ProtLLM: An Interleaved Protein-Language LLM with Protein-as-Word Pre-Training
This work addresses the challenge of handling interleaved protein and text data for researchers in computational biology and bioinformatics, representing a novel approach rather than an incremental improvement.
The authors tackled the problem of integrating protein and natural language data by proposing ProtLLM, a cross-modal large language model that achieves superior performance on protein-centric tasks and enables zero-shot and in-context learning for protein-language applications.

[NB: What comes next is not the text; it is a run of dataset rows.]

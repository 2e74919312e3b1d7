// The versions of a restart.

/// The versions of a restart: in the second each section is followed by its sum.
#[derive(Clone, Copy)]
pub(crate) enum Version {
    First,
    Second,
}
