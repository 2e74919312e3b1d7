// The faults of a restart's bytes, told by spellings.
ghost use Rattle.std.specs.Prelude.{◌≡◌, ◌≢◌, ◌<◌, ◌≤◌, ◌+◌, ◌^◌, ◌++◌, ◌∷◌, [], ℕ, ℤ, List, length, take, pos, Ok};
ghost use Rattle.cpl_xgrid.specs.declared.grid.Grid.{Grid};
ghost use Rattle.cpl_restart.specs.Lawful.{judged};
ghost use Rattle.cpl_restart.specs.Numbers.{number_bytes, section_bytes};
ghost use Rattle.cpl_restart.specs.RestartBytes.{HasSections, count_of, first_mark, front_bytes, mark_of, section_of, second_mark, sections_of, whole_bytes, whole_of};
ghost use Rattle.cpl_restart.specs.Sections.{wrapped_sum};
ghost use Rattle.cpl_restart.specs.declared.start_error.StartError.{StartError};
ghost use Rattle.cpl_restart.specs.declared.start_error.StartError.TheVariants.{Short, Magic, Shape, Sum, Trailing};
ghost use Rattle.cpl_restart.specs.declared.version.Version.{Version};
ghost use Rattle.cpl_restart.specs.declared.version.Version.TheVariants.{Second};
ghost use Rattle.cpl_state.specs.declared.whole.Whole.{Whole};

/// A theorem, and no work: the faults of a restart's bytes, told by spellings. What is cut off, changed or added is refused by the
/// fault that says so. The states are those that sections of the grid's counts can hold, lawful or not.
pub fn faults_of_restart()
    // A front of a file, and not all of it.
    ensures short { (grid : Grid) (version : Version) (n : ℕ) (whole : Whole) → HasSections grid whole
        → n < length (whole_bytes version whole) → whole_of grid (take n (whole_bytes version whole)) ≡ Err Short }
    // Fewer bytes than a mark has, and another mark.
    ensures no_mark { (grid : Grid) (bytes : List ℕ) → length bytes < 8 → whole_of grid bytes ≡ Err Short }
    ensures magic { (grid : Grid) (bytes : List ℕ) → 8 ≤ length bytes → take 8 bytes ≢ first_mark → take 8 bytes ≢ second_mark
        → whole_of grid bytes ≡ Err Magic }
    // Another sum of the elapsed seconds.
    ensures elapsed { (grid : Grid) (stated : ℕ) (whole : Whole) (rest : List ℕ) → HasSections grid whole → stated < 2 ^ 64
        → stated ≢ wrapped_sum (whole.elapsed ∷ [])
        → whole_of grid (second_mark ++ (number_bytes whole.elapsed ++ (number_bytes (pos stated) ++ rest)))
        ≡ Err (Sum 0 stated (wrapped_sum (whole.elapsed ∷ []))) }
    // Another count of section k + 1, after k sections.
    ensures shape { (grid : Grid) (version : Version) (k n : ℕ) (whole : Whole) (rest : List ℕ) → HasSections grid whole → k < 14
        → n < 2 ^ 64 → n ≢ count_of grid k
        → whole_of grid (front_bytes version whole k ++ (number_bytes (pos n) ++ rest)) ≡ Err (Shape (1 + k)) }
    // Another sum of section k + 1, whose numbers these are.
    ensures sum { (grid : Grid) (k stated : ℕ) (whole : Whole) (rest : List ℕ) → HasSections grid whole → k < 14 → stated < 2 ^ 64
        → stated ≢ wrapped_sum (pos (length (section_of (sections_of whole) k)) ∷ section_of (sections_of whole) k)
        → whole_of grid (front_bytes Second whole k ++ (section_bytes (section_of (sections_of whole) k) ++ (number_bytes (pos stated) ++ rest)))
        ≡ Err (Sum (1 + k) stated (wrapped_sum (pos (length (section_of (sections_of whole) k)) ∷ section_of (sections_of whole) k))) }
    // A file, and more.
    ensures trailing { (grid : Grid) (version : Version) (whole : Whole) (more : List ℕ) → HasSections grid whole → 0 < length more
        → whole_of grid (whole_bytes version whole ++ more) ≡ Err Trailing }
    // A file of a state that breaks a rule.
    ensures rules { (grid : Grid) (version : Version) (whole : Whole) (fault : StartError) → HasSections grid whole
        → judged grid whole ≡ Err fault → whole_of grid (whole_bytes version whole) ≡ Err fault }
{}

We propose ProtLLM, a versatile cross-modal large language model (LLM) for both protein-centric and protein-language tasks. ProtLLM features a unique dynamic protein mounting mechanism, enabling it to handle complex inputs where the natural language text is interspersed with an arbitrary number of proteins. Besides, we propose the protein-as-word language modeling approach to train ProtLLM. By developing a specialized protein vocabulary, we equip the model with the capability to predict not just natural language but also proteins from a vast pool of candidates. Additionally, we construct a large-scale interleaved protein-text dataset, named InterPT, for pre-training. This dataset comprehensively encompasses both (1) structured data sources like protein annotations and (2) unstructured data sources like biological research papers, thereby endowing ProtLLM with crucial knowledge for understanding proteins. We evaluate ProtLLM on classic supervised protein-centric tasks and explore its novel protein-language applications. Experimental results demonstrate that ProtLLM not only achieves superior performance against protein-specialized baselines on protein-centric tasks but also induces zero-shot and in-context learning capabilities on protein-language tasks.